The crowd cheered, and I'll tell you, so did I.

I reckon Texas Jack and Blue Hat didn't cheer, but they had their mouths open, and even when Jack got his cranked up, Blue Hat's stayed that way. Skinny dropped his bag of peppermints. It was a shot even an idiot could appreciate. Well, that's some damn good trick shooting," Texas Jack called out.

Billy Bob turned and looked in the direction of the voice. Texas Jack was elbowing his way through the crowd, and the crowd was stepping aside, fast.

"Thank you, fella," Billy Bob said when Jack was up close.

"Yeah," Jack said rubbing his chin, "that's about the best trick shooting I ever seen, except for Wild Bill himself."

"You seen Wild Bill shoot?"

"Yep, I did. Wasn't nobody could out-trick-shoot Wild Bill."

Billy Bob smiled. "Reckon not."

"But trick shooting isn't the same as facing a man with a loaded gun. That's a whole nuther thing."

The smile went off Billy Bob's face. "He proved he could do that too."

"With drunks and yellow bellies. He wasn't so big when John Wesley Hardin backed him down."

"That's just one of them stories," Billy Bob said.

"And when I backed him down."

"You?"

"Yeah. Name's Texas Jack."

For a long moment Billy Bob stared at Jack, looking for that Greek god he'd read about in them dime novels.
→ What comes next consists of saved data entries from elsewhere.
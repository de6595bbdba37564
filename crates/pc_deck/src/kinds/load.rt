//! LOAD: what an activity uses of a resource.
ghost use Rattle.pc_faults.specs.declared.kind.Kind.TheVariants as kinds;
ghost use Rattle.pc_deck.specs.Load.{load_kind, load_card};
ghost use Rattle.pc_deck.specs.WrittenKinds.{written_of};

use pc_cards::card::{Card, Layout};
use pc_cards::field::{Misfit, read_amount, read_code};
use pc_cards::form::{FieldForm, MONEY, Slot};
use pc_cards::sort::Sort;
use pc_faults::Kind;
use pc_model::MAX_COST;
use pc_records::{Fields, Records};
use pc_text::{Code, digits};
use std::alloc::AllocError;

/// A LOAD card: how much of a resource an activity uses.
#[derive(Clone, Copy)]
pub struct LoadCard {
    pub row: u32,
    pub activity: Code,
    pub resource: Code,
    pub quantity: u64,
}

const SLOTS: [Slot; 3] = [(2, FieldForm::Code), (3, FieldForm::Code), (4, MONEY)];

impl Card for LoadCard {
    ghost slots = { load_kind.slots };

    ghost least = { 4 };

    ghost most = { 4 };

    ghost spelled = { load_card };

    ghost written = { (written_of kinds.Load).written };

    fn layout(_: Sort) -> Layout {
        Layout {
            slots: &SLOTS,
            least: 4,
            most: 4,
        }
    }

    fn read<F: Fields>(_: Sort, row: u32, fields: &F) -> Result<LoadCard, Misfit> {
        Ok(LoadCard {
            row,
            activity: read_code(fields, 2)?,
            resource: read_code(fields, 3)?,
            quantity: read_amount(fields, 4, 0, MAX_COST)?,
        })
    }

    fn put<R: Records>(self, kind: Kind, text: &mut R) -> Result<(), AllocError> {
        text.put(&[
            kind.word(),
            self.activity.bytes(),
            self.resource.bytes(),
            digits(self.quantity).bytes(),
        ])
    }
}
Jack stared back, opened his coat, and showed Billy Bob the butt of that fancy pistol. I don't think Billy Bob even noticed the pistol. He was still trying to fit that face with the one described in the books, and he wasn't having any luck at it.

Jack let his coat fall back over his gun, then he turned and shouldered his way back through the crowd. When he reached Blue Hat he said, "Just like his pa," then the two of hem snickered their way toward the saloon.

Billy Bob didn't even know he'd been called out, he was so amazed to see a dime-novel hero out walking around on two legs. But the truth of what happened slowly dawned on him. He turned to Albert and said, "Did that fella call me a coward?"